Strategic Investments or Acquisitions From time to time we evaluate opportunities for strategic investments or acquisitions that may complement our current services and products, enhance our technical capabilities, improve or sustain our competitive position, or otherwise offer growth opportunities. We may make investments in or partner with others to, among other things, expand our business into mobile and portable video, IPTV and wireline and wireless data and voice services. Future material investments or acquisitions may require that we obtain additional capital, assume third party debt or incur other long-term obligations.

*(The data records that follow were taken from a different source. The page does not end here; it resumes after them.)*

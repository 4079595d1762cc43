//! Components of a schema: which has a name, which agree, and one more.
ghost use Rattle.std.specs.Prelude.{◌≡◌, ◌++◌, ◌∷◌, [], ◌<◌, ◌≤◌, ◌↔◌, IsTrue, IfErr, IfOk, OnOk, MatchOption, Some, None, map, length, slice_index_or, slice_set};
ghost use Rattle.zf_calculus.specs.Prelude.{Component, AreFew, clash, Comp, comp_of, components_max, too_large, type_of, place_in, enriched};
ghost use Rattle.zf_term.specs.declared.fault.Limit.TheVariants as limit;
ghost use Rattle.zf_calculus.specs.{Agree, Agrees, AreAt, AreOnce, Clashes, comp_named, IfStopped, new_place, OneClashes, place_named, place_or, with_comp, with_comps};

use crate::limits::COMPONENTS_MAX;
use crate::stop::Stop;
use bumpalo::Bump;
use std::alloc::AllocError;
use std::mem;
use std::mem::ManuallyDrop;
use zf_constraints::enrich;
use zf_data::arena::Items;
use zf_term::{Clash, Component, Domains, Limit, component_of};

/// That none of the others has another type than the component that has its name.
pub fn agree<'a>(components: &[Component<'a>], others: &[Component<'a>]) -> Result<(), Stop<'a>>
    ensures ok { OnOk result (Agree (map comp_of components.now) (map comp_of others.now)) }
    ensures err { IfErr result (λ e. IfStopped e (OneClashes (map comp_of components.now) (map comp_of others.now))) }
{
    for other in others {
        agrees(components, other)?;
    }
    Ok(())
}

/// That the component has the type of the one that has its name, if one has.
pub fn agrees<'a>(components: &[Component<'a>], component: &Component<'a>) -> Result<(), Stop<'a>>
    ensures ok { OnOk result (Agrees (map comp_of components.now) (comp_of component.now)) }
    ensures err { IfErr result (λ e. IfStopped e (Clashes (map comp_of components.now) (comp_of component.now))) }
{
    let Some((_, known)) = component_of(components, component.name.as_slice()) else {
        return Ok(());
    };
    if known.ztype.same(&component.ztype) {
        return Ok(());
    }
    Err(clashing(known, component))
}

/// The stop at a component that has another type than one of its name.
#[inline(never)]
fn clashing<'a>(known: &Component<'a>, other: &Component<'a>) -> Stop<'a>
    ensures { IfStopped result (λ o. o ≡ clash other.now.name (type_of known.now.ztype) (type_of other.now.ztype)) }
{
    match both_types(known, other) {
        Ok(clash) => Stop::Clash(clash),
        Err(_) => Stop::OutOfMemory,
    }
}

/// The name of the second, and both types.
fn both_types<'a>(known: &Component<'a>, other: &Component<'a>) -> Result<Clash<'a>, AllocError>
    ensures name { IfOk result (λ c. c.name ≡ other.now.name) }
    ensures left { IfOk result (λ c. c.left ≡ known.now.ztype) }
    ensures right { IfOk result (λ c. c.right ≡ other.now.ztype) }
{
    let name = other.name.share();
    let left = known.ztype.share()?;
    let right = other.ztype.share()?;
    Ok(Clash { name, left, right })
}

/// Whether each component has a name of its own.
pub fn are_apart(components: &[Component<'_>]) -> bool
    ensures { IsTrue result ↔ AreOnce (map comp_of components.now) }
{
    for place in 0..components.len() {
        let name = components[place].name.as_slice();
        if component_of(&components[place + 1..], name).is_some() {
            return false;
        }
    }
    true
}

/// Adds components, one after another, if there is room; answers where they are.
pub fn join_all<'a>(
    components: &mut Items<'a, Component<'a>>,
    arena: &'a Bump,
    further: Items<'a, Component<'a>>,
) -> Result<Items<'a, usize>, Stop<'a>>
    requires { AreFew (map comp_of components.old) }
    ensures ok { OnOk result (map comp_of components.new ≡ with_comps (map comp_of components.old) (map comp_of further.entry)) }
    ensures places { IfOk result (λ places. AreAt (map comp_of components.new) places (map comp_of further.entry)) }
    ensures room { OnOk result (AreFew (with_comps (map comp_of components.old) (map comp_of further.entry))) }
    ensures err { IfErr result (λ e. IfStopped e (λ o. (o ≡ too_large limit.Components) × (AreFew (with_comps (map comp_of components.old) (map comp_of further.entry)) → ⊥))) }
{
    let mut places = Items::with_room(arena, further.len())?;
    for component in further.into_vec() {
        places.push(join(components, component)?)?;
    }
    Ok(places)
}

/// Adds a component, if there is room; one of its name gains its declared sets. Answers where it is.
pub fn join<'a>(
    components: &mut Items<'a, Component<'a>>,
    component: Component<'a>,
) -> Result<usize, Stop<'a>>
    requires { AreFew (map comp_of components.old) }
    ensures ok { OnOk result (map comp_of components.new ≡ with_comp (map comp_of components.old) (comp_of component.entry)) }
    ensures place { IfOk result (λ place. place_named component.entry.name (with_comp (map comp_of components.old) (comp_of component.entry)) ≡ Some place) }
    ensures room { OnOk result (AreFew (with_comp (map comp_of components.old) (comp_of component.entry))) }
    ensures err { IfErr result (λ e. IfStopped e (λ o. (o ≡ too_large limit.Components) × (AreFew (with_comp (map comp_of components.old) (comp_of component.entry)) → ⊥))) }
{
    match place_of(components.as_slice(), component.name.as_slice()) {
        Some(place) => {
            gain(components, place, component.domains)?;
            Ok(place)
        }
        None => {
            let place = components.len();
            add_new(components, component)?;
            Ok(place)
        }
    }
}

/// Adds a component of a new name, if there is room.
fn add_new<'a>(
    components: &mut Items<'a, Component<'a>>,
    component: Component<'a>,
) -> Result<(), Stop<'a>>
    ensures ok { OnOk result (components.new ≡ components.old ++ component.entry ∷ []) }
    ensures room { OnOk result (length components.old < components_max) }
    ensures err { IfErr result (λ e. IfStopped e (λ o. (o ≡ too_large limit.Components) × (components_max ≤ length components.old))) }
{
    if components.len() >= COMPONENTS_MAX {
        return Err(Stop::TooLarge(Limit::Components));
    }
    components.push(component)?;
    Ok(())
}

/// The component at the place gains declared sets.
fn gain<'a>(
    components: &mut Items<'a, Component<'a>>,
    place: usize,
    domains: Domains<'a>,
) -> Result<(), AllocError>
    requires { place < length components.old }
    ensures { OnOk result ((c : Component) → slice_index_or components.old place c ≡ c → components.new ≡ slice_set components.old place (enriched c domains.entry)) }
{
    let arena = components.arena();
    let mut all = mem::replace(components, Items::new(arena)).into_vec();
    let gained = enrich(arena, &mut all[place], domains);
    *components = Items {
        items: ManuallyDrop::new(all),
    };
    gained
}

/// Where the components of the one list are in the other, by their names; one that is not there keeps its place.
pub fn new_places<'a>(
    arena: &'a Bump,
    components: &[Component<'a>],
    among: &[Component<'a>],
) -> Result<Items<'a, usize>, AllocError>
    ensures places { IfOk result (λ places. place_in places ≡ new_place (map comp_of components.now) (map comp_of among.now)) }
    ensures each { IfOk result (λ places. length places ≡ length (map comp_of components.now)) }
{
    let mut places = Items::with_room(arena, components.len())?;
    for (place, component) in components.iter().enumerate() {
        places.push(place_or(among, component.name.as_slice(), place))?;
    }
    Ok(places)
}

/// The place of the component of the name, or this one where there is none.
fn place_or(components: &[Component<'_>], name: &[u8], otherwise: usize) -> usize
    ensures { result ≡ place_or (comp_named name.now (map comp_of components.now)) otherwise }
{
    match component_of(components, name) {
        Some((place, _)) => place,
        None => otherwise,
    }
}

/// The place of the component of the name.
pub(crate) fn place_of(components: &[Component<'_>], name: &[u8]) -> Option<usize>
    ensures { MatchOption result (comp_named name.now (map comp_of components.now) ≡ None) (λ place. (c : Comp) × (comp_named name.now (map comp_of components.now) ≡ Some (place, c))) }
{
    match component_of(components, name) {
        Some((place, _)) => Some(place),
        None => None,
    }
}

Investments in ARS A portion of our investment portfolio is invested in auction rate securities ("ARS"), and other strategic investments, and as a result a portion of our portfolio has restricted liquidity. Liquidity in the markets for these investments has been adversely impacted. If the credit ratings of these securities deteriorate or the lack of liquidity in the marketplace continues, we may be required to record impairment charges. Moreover, the sustained uncertainty of domestic and global financial markets has greatly affected the volatility and value of our marketable investment securities. To the extent we require access to funds, we may need to sell these securities under unfavorable market conditions, record further impairment charges and fall short of our financing needs.

Off-Balance Sheet Arrangements Other than the "Guarantees" disclosed in Note 12 in the Notes to our Condensed Consolidated Financial Statements, we generally do not engage in off-balance sheet financing activities.